Mediante una rápida acción, Cable salva al hombre que ha querido matar durante años interponiéndose ante el vehículo. Pero irremisiblemente es aplastado por ese signo de modernidad: el viejo Oeste de los pioneros se acaba definitivamente.
Justo en ese momento se une a “la fiesta” Joshua, llegando a bordo de una moto con sidecar, justo a tiempo para acompañar en las últimas horas a su amigo y dar el sermón durante el entierro (al que Peckinpah pasa sin solución de continuidad, del lecho de muerte de Cable a la tumba, sin recrearse en la agonía y sin concesiones al sentimentalismo).
Todo este final se nos cuenta en clave de humor, con cierta ligera ironía, como diciendo “son cosas del destino”. Enterrado Cable, todos abandonan el lugar, apoderándose de nuevo el desierto del lugar, del que ya solo aprovecharse un coyote de aspecto famélico.

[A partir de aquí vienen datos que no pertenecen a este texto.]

//! What a restart keeps.

use super::steps::Step::{Abort, Busy, Commit, Copy, Counter, Done, Register, Secured};
use super::steps::{Step, play, table_after};
use super::{COUNTER, QUEUE, REGISTER, objects};
use crate::check::same;
use cam_base::NoMemory;
use cam_know::{Know, Outcome};
use cam_locks::{LockTable, may_restore};
use cam_names::{Deps, Name};
use cam_type::{Answer, Held, HeldList, HeldOp, HeldOps, Objects, Op};
use std::alloc::Global;
use std::test::Fail;

/// What a restart keeps of three families that wrote the register, of which the first aborted, the second is undecided,
/// and the third committed.
const RESTARTED: [Step<'static>; 4] = [
    Register(3),
    Secured("1.1.1", 0),
    Busy("1.1.3", REGISTER, Op::Read, "1.1.2"),
    Done("1.1.2", REGISTER, Op::Read, Answer::Value(5)),
];

/// Two families that both wrote the register, and of which nothing is known, stand in each other's way.
const TWO_WRITERS: [Step<'static>; 10] = [
    Busy("1.1.1", REGISTER, Op::Read, "1.1.2"),
    Busy("1.1.2", REGISTER, Op::Read, "1.1.1"),
    Busy("1.1.3", REGISTER, Op::Read, "1.1.2"),
    Copy,
    Abort("1.1.2"),
    Done("1.1.1", REGISTER, Op::Read, Answer::Value(4)),
    Register(0),
    Commit("1.1.1"),
    Register(4),
    Done("1.1.3", REGISTER, Op::Swap(6), Answer::Value(4)),
];

/// Two families work.
const WORK: [Step<'static>; 4] = [
    Done("1.1.1", REGISTER, Op::Read, Answer::Value(0)),
    Done("1.1.2", QUEUE, Op::Put(6), Answer::Ok),
    Done("1.1.1/1.1.1", REGISTER, Op::Write(5), Answer::Ok),
    Commit("1.1.1/1.1.1"),
];

/// They go on.
const MORE_WORK: [Step<'static>; 9] = [
    Busy("1.1.2", REGISTER, Op::Read, "1.1.1"),
    Done("1.1.1", REGISTER, Op::Swap(7), Answer::Value(5)),
    Busy("1.1.1", QUEUE, Op::Take, "1.1.2"),
    Register(0),
    Secured("1.1.1", 3),
    Secured("1.1.2", 1),
    Done("1.1.2", QUEUE, Op::Take, Answer::Value(6)),
    Commit("1.1.1"),
    Register(7),
];

/// Three families add to the counter.
const ADDS: [Step<'static>; 4] = [
    Done("1.1.1/1.1.1", COUNTER, Op::Add(5), Answer::Ok),
    Done("1.1.3", COUNTER, Op::Add(100), Answer::Ok),
    Done("1.1.2", COUNTER, Op::Add(7), Answer::Ok),
    Commit("1.1.1/1.1.1"),
];

/// The first and the second were secured, and what the third added is gone.
const SECURED_ADDS: [Step<'static>; 11] = [
    Secured("1.1.3", 0),
    Counter(10),
    Busy("1.1.1", COUNTER, Op::Read, "1.1.2"),
    Done("1.1.1/1.1.2", COUNTER, Op::Add(1), Answer::Ok),
    Commit("1.1.2"),
    Counter(17),
    Done("1.1.1/1.1.2", COUNTER, Op::Read, Answer::Value(23)),
    Busy("1.1.3", COUNTER, Op::Read, "1.1.1"),
    Abort("1.1.1"),
    Counter(17),
    Done("1.1.3", COUNTER, Op::Read, Answer::Value(17)),
];

/// The write of a value to the register, under an index.
fn write(index: u32, value: i64) -> HeldOp {
    HeldOp {
        index,
        object: REGISTER,
        op: Op::Write(value),
    }
}

/// What is held of a family that did one operation.
fn held_family(alloc: Global, family: &Name, done: &HeldOp) -> Result<Held, NoMemory> {
    let mut ops = HeldOps::new(alloc);
    ops.push_copy(done)?;
    Ok(Held {
        family: *family,
        count: 1,
        ops,
    })
}

/// What is held of families that did one operation each.
fn held_of(alloc: Global, families: &[(&str, HeldOp)]) -> Result<HeldList, Fail> {
    let mut held = HeldList::new(alloc);
    for (family, done) in families {
        let family = Name::parse(family)?;
        held.push(held_family(alloc, &family, done)?)?;
    }
    Ok(held)
}

/// What is known where the first of three families aborted, the second is undecided, and the third committed.
fn two_outcomes(alloc: Global) -> Result<Know, Fail> {
    let aborted = Name::parse("1.1.1")?;
    let committed = Name::parse("1.1.3")?;
    let mut know = Know::new(alloc);
    know.add(&Outcome::Aborted(aborted))?;
    know.add(&Outcome::Committed(committed, Deps::none()))?;
    Ok(know)
}

/// The table of these objects after a restart with these families, of which this is known.
fn restored_with(
    alloc: Global,
    objects: &Objects,
    held: &HeldList,
    know: &Know,
) -> Result<LockTable, Fail> {
    if !may_restore(alloc, objects, 1, held)? {
        return Err(Fail::new("cannot be restored"));
    }
    Ok(LockTable::restore(alloc, objects, 1, held, know)?)
}

/// The table after a restart with these families, of which this is known.
fn restored(alloc: Global, held: &HeldList, know: &Know) -> Result<LockTable, Fail> {
    let objects = objects(alloc)?;
    restored_with(alloc, &objects, held, know)
}

/// What is held of three families that wrote the register.
fn three_writers(alloc: Global) -> Result<HeldList, Fail> {
    let writes = [
        ("1.1.1", write(9, 9)),
        ("1.1.2", write(5, 5)),
        ("1.1.3", write(3, 3)),
    ];
    held_of(alloc, &writes)
}

/// The table after a restart of three families that wrote the register, of two of which the outcome is known.
fn table_after_a_restart(alloc: Global) -> Result<LockTable, Fail> {
    let know = two_outcomes(alloc)?;
    let held = three_writers(alloc)?;
    restored(alloc, &held, &know)
}

#[test]
fn a_restart_keeps_what_was_secured_and_not_aborted(rt: HostRuntime) -> Result<(), Fail> {
    let mut table = table_after_a_restart(rt.alloc())?;
    same(&rt, table.next_index(), 10);
    play(rt.alloc(), &mut table, "restarted", &RESTARTED)
}

/// The table after a restart with these families, of which nothing is known.
fn restored_unknown(alloc: Global, held: &HeldList) -> Result<LockTable, Fail> {
    let know = Know::new(alloc);
    restored(alloc, held, &know)
}

/// Plays a scene after a restart with these families, of which nothing is known.
fn play_restored(
    alloc: Global,
    held: &HeldList,
    name: &str,
    scene: &[Step<'_>],
) -> Result<(), Fail> {
    let mut table = restored_unknown(alloc, held)?;
    play(alloc, &mut table, name, scene)
}

#[test]
fn two_restored_writers_stand_in_each_others_way(rt: HostRuntime) -> Result<(), Fail> {
    let writes = [("1.1.1", write(4, 4)), ("1.1.2", write(2, 2))];
    let held = held_of(rt.alloc(), &writes)?;
    play_restored(rt.alloc(), &held, "two writers", &TWO_WRITERS)
}

/// Adds what is secured of a family.
fn secure(table: &LockTable, held: &mut HeldList, family: &str) -> Result<(), Fail> {
    let family = Name::parse(family)?;
    let one = table.secure(&family, 1)?;
    held.push(one)?;
    Ok(())
}

/// What is secured of two families.
fn secured(alloc: Global, table: &LockTable) -> Result<HeldList, Fail> {
    let mut held = HeldList::new(alloc);
    secure(table, &mut held, "1.1.2")?;
    secure(table, &mut held, "1.1.1")?;
    Ok(held)
}

/// What is secured of two families before they go on.
fn secured_before_more_work(alloc: Global, table: &mut LockTable) -> Result<HeldList, Fail> {
    let held = secured(alloc, table)?;
    play(alloc, table, "more work", &MORE_WORK)?;
    Ok(held)
}

/// What is secured of two families that work and then go on, between both.
fn secured_at_work(alloc: Global) -> Result<HeldList, Fail> {
    let mut table = table_after(alloc, "work", &WORK)?;
    secured_before_more_work(alloc, &mut table)
}

#[test]
fn what_is_secured_and_restored_answers_as_before(rt: HostRuntime) -> Result<(), Fail> {
    let held = secured_at_work(rt.alloc())?;
    play_restored(rt.alloc(), &held, "more work, restored", &MORE_WORK)
}

/// What is secured of two of three families that add.
fn secured_adds(alloc: Global) -> Result<HeldList, Fail> {
    let table = table_after(alloc, "adds", &ADDS)?;
    secured(alloc, &table)
}

#[test]
fn adds_that_were_secured_are_added_after_a_restart(rt: HostRuntime) -> Result<(), Fail> {
    let held = secured_adds(rt.alloc())?;
    play_restored(rt.alloc(), &held, "secured adds", &SECURED_ADDS)
}

/// Whether these families can be restored at a node.
fn may_restore_at(alloc: Global, node: u8, held: &HeldList) -> Result<bool, NoMemory> {
    let objects = objects(alloc)?;
    may_restore(alloc, &objects, node, held)
}

/// Whether two families can be restored at a node: one wrote the register under the index 3, and this is what the other
/// did.
fn may_be_restored(alloc: Global, node: u8, second: &HeldOp) -> Result<bool, Fail> {
    let held = held_of(alloc, &[("1.1.1", write(3, 1)), ("1.1.2", *second)])?;
    Ok(may_restore_at(alloc, node, &held)?)
}

/// What the other did, and whether both can be restored at node 1.
const SECONDS: [(u32, u8, Op, bool); 8] = [
    (4, REGISTER, Op::Read, true),
    (999_999_999, QUEUE, Op::Put(1), true),
    (3, QUEUE, Op::Put(1), false),
    (1_000_000_000, REGISTER, Op::Read, false),
    (4, REGISTER, Op::Put(1), false),
    (4, 3, Op::Read, false),
    (4, COUNTER, Op::Add(1), true),
    (4, COUNTER, Op::Write(1), false),
];

#[test]
fn only_what_fits_under_indices_of_its_own_can_be_restored(rt: HostRuntime) -> Result<(), Fail> {
    for (index, object, op, may) in SECONDS {
        let second = HeldOp { index, object, op };
        let told = may_be_restored(rt.alloc(), 1, &second)?;
        same(&rt, (1, second, told), (1, second, may));
        let told = may_be_restored(rt.alloc(), 2, &second)?;
        same(&rt, (2, second, told), (2, second, false));
    }
    Ok(())
}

Lástima de las formas que utiliza Peckinpah (que, en su descargo, hay que decir que predominaban en aquellos años, dentro de un género moribundo), porque el film tiene algunos ingredientes excelentes, pero en su conjunto es una película que nunca me ha acabado de gustar. Quizá sea una cuestión de sensibilidades.
La semana que viene volveremos a la violencia, y además de carácter extremo, en el primer film de Peckinpah ambientado en la actualidad: Perros de paja.